# BRIEF
Scan the records below for the word "hold". Copy each line where it appears.

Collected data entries
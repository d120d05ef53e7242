//! The BGP routes that a router may hold by the tables: its local ones, and what it learns of its neighbours' routes.

ghost use Rattle.std.specs.Prelude.{◌≡◌, ◌==◌, ◌<◌, ◌++◌, [], IfOk, OnOk, Some, filter, length, map, option_map};
ghost use Rattle.std.specs.Prelude.{slice_get};
ghost use Rattle.std.specs.List.{enumerate_from, filter_map};
ghost use Rattle.std.specs.Option.{option_map_or};
ghost use Rattle.net_parts.specs.Decisions as decisions;
ghost use Rattle.net_parts.specs.Sessions as sessions;
ghost use Rattle.proto_bgp.specs.Steps.{seen};
ghost use Rattle.proto_rib.specs.Taken.{local_routes_at};
ghost use Rattle.route_record.specs.Places.{slot_at};
ghost use Rattle.route_candidates.specs.Underlays.{IsUnderlay};
ghost use Rattle.stable_replay.specs.Parts as parts;

use crate::routing::Routing;
use arriving_messages::arriving;
use ios_ast::{Bgp, File};
use mw_text::{List, Prefix};
use net_model::{Net, SessionEnd};
use proto_bgp::Candidate;
use route_candidates::{Heard, is_session_up, learnt_candidate, local_candidates};
use route_record::Tables;
use std::alloc::{AllocError, Global};

// The candidates of the local routes of the router, by its own slot.
fn local_by_slot(
    alloc: Global,
    net: &Net,
    tables: &Tables,
    router: u32,
    p: &Prefix,
) -> Result<List<Candidate>, AllocError>
    requires within { router < length net.now.files }
    ensures { IfOk result (λ made. map seen made ≡ map (decisions.local_candidate net.now.files router)
        (option_map_or (local_routes_at net.now.files router p.now) (slot_at tables.now router p.now.len) [])) }
{
    match tables.slot(router, p.len) {
        None => Ok(List::new(alloc)),
        Some(slot) => local_candidates(alloc, net, router, p, slot),
    }
}

// What arrives over the session of the end at that place, as a candidate.
fn arriving_candidate(
    alloc: Global,
    routing: &Routing<'_>,
    p: &Prefix,
    at: u32,
    end: &SessionEnd,
) -> Result<Option<Candidate>, AllocError>
    requires underlay { IsUnderlay routing.now.net.now.files routing.now.failures.now routing.now.underlay.now }
    requires is { slice_get (sessions.ends_of routing.now.net.now.files) at ≡ Some end.now }
    requires within { at < length (sessions.ends_of routing.now.net.now.files) }
    ensures { IfOk result (λ made. option_map seen made
        ≡ parts.arriving_candidate routing.now.net.now.files routing.now.failures.now routing.now.env.now
        routing.now.tables.now p.now (at, end.now)) }
{
    if !is_session_up(routing.net, routing.failures, routing.underlay, at, end) {
        return Ok(None);
    }
    let msg = arriving(alloc, routing.net, routing.env, routing.tables, p, at, end)?;
    let ids = routing.env.ids.as_slice();
    let heard = Heard {
        at,
        end,
        received: &msg,
    };
    learnt_candidate(
        alloc,
        routing.net,
        routing.failures,
        ids,
        routing.underlay,
        p,
        &heard,
    )
}

// Puts at the end what the router learns for the prefix, by session.
fn add_learnt(
    alloc: Global,
    out: &mut List<Candidate>,
    routing: &Routing<'_>,
    router: u32,
    p: &Prefix,
) -> Result<(), AllocError>
    requires underlay { IsUnderlay routing.now.net.now.files routing.now.failures.now routing.now.underlay.now }
    ensures { OnOk result (map seen out.new ≡ map seen out.old
        ++ filter_map (parts.arriving_candidate routing.now.net.now.files routing.now.failures.now routing.now.env.now
        routing.now.tables.now p.now)
        (filter (λ e. e.1.router == router) (enumerate_from 0 (sessions.ends_of routing.now.net.now.files)))) }
{
    for (at, end) in routing.net.ends().iter().enumerate() {
        if end.router == router {
            let at = at as u32;
            if let Some(c) = arriving_candidate(alloc, routing, p, at, end)? {
                out.items.push(c)?;
            }
        }
    }
    Ok(())
}

/// All BGP routes that the router may hold for the prefix, by its own slot and those of its neighbours: its local ones,
/// and then by session what it has learnt.
#[tactic(auto, using(route_candidates::proofs::BgpParts::local_of, std::proofs::lemmas::Option::slice_get_within), unfolding(net_parts::specs::Decisions::candidates, net_parts::specs::Decisions::candidates_from))]
pub fn candidates(
    alloc: Global,
    routing: &Routing<'_>,
    router: u32,
    file: &File,
    process: &Bgp,
    p: &Prefix,
) -> Result<List<Candidate>, AllocError>
    requires underlay { IsUnderlay routing.now.net.now.files routing.now.failures.now routing.now.underlay.now }
    requires file { slice_get routing.now.net.now.files router ≡ Some file.now }
    requires process { file.now.bgp ≡ Some process.now }
    ensures { IfOk result (λ made. map seen made
        ≡ decisions.candidates routing.now.net.now.files routing.now.failures.now routing.now.env.now
        routing.now.tables.now router file.now process.now p.now) }
{
    let mut made = local_by_slot(alloc, routing.net, routing.tables, router, p)?;
    add_learnt(alloc, &mut made, routing, router, p)?;
    Ok(made)
}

# TASK SOLUTION
//! The BGP routes that a router may hold by the tables: its local ones, and what it learns of its neighbours' routes.
/// All BGP routes that the router may hold for the prefix, by its own slot and those of its neighbours: its local ones,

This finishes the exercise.